Work item: Gather every line below where "puts" appears.

(Excerpts from a dataset)
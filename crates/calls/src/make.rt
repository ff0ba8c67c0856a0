// A done put or get: the event that it becomes, what it changes at its site, and its answer.
ghost use Rattle.std.specs.Prelude.{◌≡◌, ◌∷◌, ◌++◌, ◌≤◌, ◌<◌, ◌^◌, get_or, replicate};
ghost use Rattle.record.specs.Layout.{most_events};
ghost use Rattle.record.specs.Encode.{little_bytes};
ghost use Rattle.record.specs.Terms.{value_or0};
ghost use Rattle.store.specs.Calls.{put, get};
ghost use Rattle.store.specs.Rules.{is_found};
ghost use Rattle.calls.specs.Mirror.{held_of};
ghost use Rattle.calls.specs.Done.{Entered, Makable, Made};

use super::lent::{Store, Word};
use super::sites;

// The answer of a done put or get, with the value that it found: its eight bytes as one number, which stays in a register.
fn answer(event: usize, found: Option<u32>) -> u64
    requires { event < 2 ^ 16 }
    ensures { little_bytes 8 result ≡ 0 ∷ is_found (held_of found) ∷ (little_bytes 2 event ++ little_bytes 4 (value_or0 (held_of found))) }
{
    let value = found.unwrap_or(0);
    0x100 * found.is_some() as u64 + 0x1_0000 * event as u64 + 0x1_0000_0000 * value as u64
}

// The answer of a close, which delivered so many copies. Its bytes stand as those of a get that found a value.
pub fn closed(copies: u32) -> u64
    ensures { little_bytes 8 result ≡ 0 ∷ 1 ∷ (replicate 2 0 ++ little_bytes 4 copies) }
{
    answer(0, Some(copies))
}

impl Store {
    // The next event, with its word, at site s, whose clock it raises: it sees what the site knows, and the site knows it from now on; it needs what the site
    // holds. The result is its number.
    fn enter(&mut self, s: usize, word: Word) -> usize
        requires { (s < 8) × (self.old.count < most_events) × (get_or self.old.clocks s 0 ≤ most_events) }
        ensures entered { Entered s word.0 self.old self.new }
        ensures number { result ≡ self.old.count }
        ensures rest { (self.new.puts ≡ self.old.puts) × (self.new.cells ≡ self.old.cells) × (self.new.held ≡ self.old.held) }
    {
        let k = self.count;
        self.events[k] = word.0;
        self.sees[k] = self.known[s];
        rows::set(&mut self.known[s], k);
        self.needs[k] = self.held[s];
        self.clocks[s] += 1;
        self.count += 1;
        k
    }

    pub fn put(&mut self, site: u8, object: u8, value: u32) -> u64
        requires { Makable self.old site object }
        ensures { Made (put site object value) self.old self.new (little_bytes 8 result) }
    {
        let s = site as usize;
        let word = Word::made(self.clocks[s], site, object, Some(value));
        let k = self.enter(s, word);
        rows::set(&mut self.puts, k);
        self.cells[s][object as usize] = word.0;
        self.held[s] = sites::with_held(self.held[s], site as u16);
        answer(k, None)
    }

    // It finds the object's cell, which is 0 where there is no value.
    pub fn get(&mut self, site: u8, object: u8) -> u64
        requires { Makable self.old site object }
        ensures { Made (get site object) self.old self.new (little_bytes 8 result) }
    {
        let s = site as usize;
        let cell = self.cells[s][object as usize];
        let found = (cell != 0).then_some(Word(cell).value());
        let word = Word::made(self.clocks[s], site, object, found);
        let k = self.enter(s, word);
        answer(k, found)
    }
}
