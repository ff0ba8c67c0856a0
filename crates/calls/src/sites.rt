// Sites: what they hold, and what some of them lack.
ghost use Rattle.std.specs.Prelude.{◌≡◌, ℕ, ◌≤◌, ◌<◌, take, get_or};
ghost use Rattle.rows.specs.Lowest.{found};
ghost use Rattle.record.specs.Layout.{most_events};
ghost use Rattle.store.specs.Rules.{reached};
ghost use Rattle.calls.specs.Mirror.{OneMore};
ghost use Rattle.calls.specs.Lent.{kept_in, lacked_by_some};

use super::Kept;
use super::lent::Store;
use record::layout;

// Whether the counts reach a put's needs, for every site. By index: all eight are compared, as one, which is quicker than to stop at one as `all` does.
pub fn reaches(counts: [u16; 8], needs: [u16; 8]) -> bool
    ensures { result ≡ reached 8 (λ i. get_or needs i 0) (λ i. get_or counts i 0) }
{
    let mut all = true;
    for i in 0..8 {
        if counts[i] < needs[i] {
            all = false;
        }
    }
    all
}

// Every count is written, not one of them, so that all eight are kept as one; j is as wide as a count, so that they are compared as one too.
// By index: after an adapter of iter_mut a proof knows nothing of the elements.
pub(crate) fn with_held(counts: [u16; 8], j: u16) -> [u16; 8]
    requires j_bound { j < 8 }
    requires by_index { (i : ℕ) → get_or counts i 0 ≤ most_events }
    ensures { OneMore counts result j }
{
    let mut all = counts;
    for i in 0..8 {
        all[i] += (i as u16 == j) as u16;
    }
    all
}

impl Store {
    // By value: its eight counts are compared as one.
    pub(crate) fn site_at(&self, s: usize) -> Kept
        requires { s < 8 }
        ensures { result ≡ kept_in self.now s }
    {
        Kept {
            clock: self.clocks[s],
            counts: self.held[s],
        }
    }

    // What each of n sites knows. Not inlined: where it is, the compiler joins the rows of all eight sites before it asks how many there are.
    #[inline(never)]
    fn known_by(&self, n: usize) -> &[[u64; layout::ROW]]
        requires { n ≤ 8 }
        ensures { result.now ≡ take n self.now.known }
    {
        &self.known[..n]
    }

    // The lowest put that some of n sites lacks.
    pub fn first_lacked(&self, n: usize) -> Option<usize>
        requires { n ≤ 8 }
        ensures { result ≡ found most_events (lacked_by_some self.now n) }
    {
        let mut all = self.puts;
        for known in self.known_by(n) {
            rows::intersect(&mut all, known);
        }
        rows::lowest_difference(&self.puts, &all)
    }
}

Result for this task:
        ensures rest { (self.new.puts ≡ self.old.puts) × (self.new.cells ≡ self.old.cells) × (self.new.held ≡ self.old.held) }
        rows::set(&mut self.puts, k);
        let mut all = self.puts;
        rows::lowest_difference(&self.puts, &all)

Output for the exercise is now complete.